What you will do: Make an exact transcription of the data below.

Data section:
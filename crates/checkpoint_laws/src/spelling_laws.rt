//! Checkpoints and their texts. The law is the contract of a function that does nothing.

ghost use Rattle.std.specs.Prelude.{Ok};
ghost use Rattle.py_heap.specs.declared.state.State.{State};
ghost use Rattle.graph_model.specs.declared.graph.Graph.{Graph};
ghost use Rattle.graph_model.specs.declared.plan.Plan.{Plan};
ghost use Rattle.graph_model.specs.Faults.{IsGraph};
ghost use Rattle.graph_model.specs.Plans.{NamesOf, IsFeasible};
ghost use Rattle.checkpoint_bytes.specs.Texts.{checkpoint_text, checkpoint_text1};
ghost use Rattle.checkpoint_reader.specs.Fields.{fields};
ghost use Rattle.checkpoint_reader.specs.Judging.{IsAnswer};
ghost use Rattle.checkpoint_laws.specs.Spelled.{EachCopied, HasText, HasText1, IsLike, checkpoint_for};

/// The text of a session under a plan, in either version, is read as the session's count and meter, its graph, this plan, and the part of each
/// version that the plan copies; if the graph has no fault, the plan is feasible for it, and each copied version is as the state has it.
pub fn a_text_is_read_back()
    ensures one { (s : State) (g : Graph) (p : Plan) → HasText1 s g p → IsGraph g → NamesOf g p → IsFeasible g p → EachCopied g p (IsLike s)
        → IsAnswer (fields (checkpoint_text1 s g p) 0) (Ok (checkpoint_for s g p)) }
    ensures two { (s : State) (g : Graph) (p : Plan) → HasText s g p → IsGraph g → NamesOf g p → IsFeasible g p
        → EachCopied g p (IsLike s) → IsAnswer (fields (checkpoint_text s g p) 0) (Ok (checkpoint_for s g p)) }
{}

Answer for this exercise:
filename crates/checkpoint_laws/src/spelling_laws.rt
//! Checkpoints and their texts. The law is the contract of a function that does nothing.

ghost use Rattle.std.specs.Prelude.{Ok};
ghost use Rattle.py_heap.specs.declared.state.State.{State};
ghost use Rattle.graph_model.specs.declared.graph.Graph.{Graph};
ghost use Rattle.graph_model.specs.declared.plan.Plan.{Plan};
ghost use Rattle.graph_model.specs.Faults.{IsGraph};
ghost use Rattle.graph_model.specs.Plans.{NamesOf, IsFeasible};
ghost use Rattle.checkpoint_bytes.specs.Texts.{checkpoint_text, checkpoint_text1};
ghost use Rattle.checkpoint_reader.specs.Fields.{fields};
ghost use Rattle.checkpoint_reader.specs.Judging.{IsAnswer};
ghost use Rattle.checkpoint_laws.specs.Spelled.{EachCopied, HasText, HasText1, IsLike, checkpoint_for};

/// The text of a session under a plan, in either version, is read as the session's count and meter, its graph, this plan, and the part of each
/// version that the plan copies; if the graph has no fault, the plan is feasible for it, and each copied version is as the state has it.
pub fn a_text_is_read_back()
    ensures one { (s : State) (g : Graph) (p : Plan) → HasText1 s g p → IsGraph g → NamesOf g p → IsFeasible g p → EachCopied g p (IsLike s)
        → IsAnswer (fields (checkpoint_text1 s g p) 0) (Ok (checkpoint_for s g p)) }
    ensures two { (s : State) (g : Graph) (p : Plan) → HasText s g p → IsGraph g → NamesOf g p → IsFeasible g p
        → EachCopied g p (IsLike s) → IsAnswer (fields (checkpoint_text s g p) 0) (Ok (checkpoint_for s g p)) }
{}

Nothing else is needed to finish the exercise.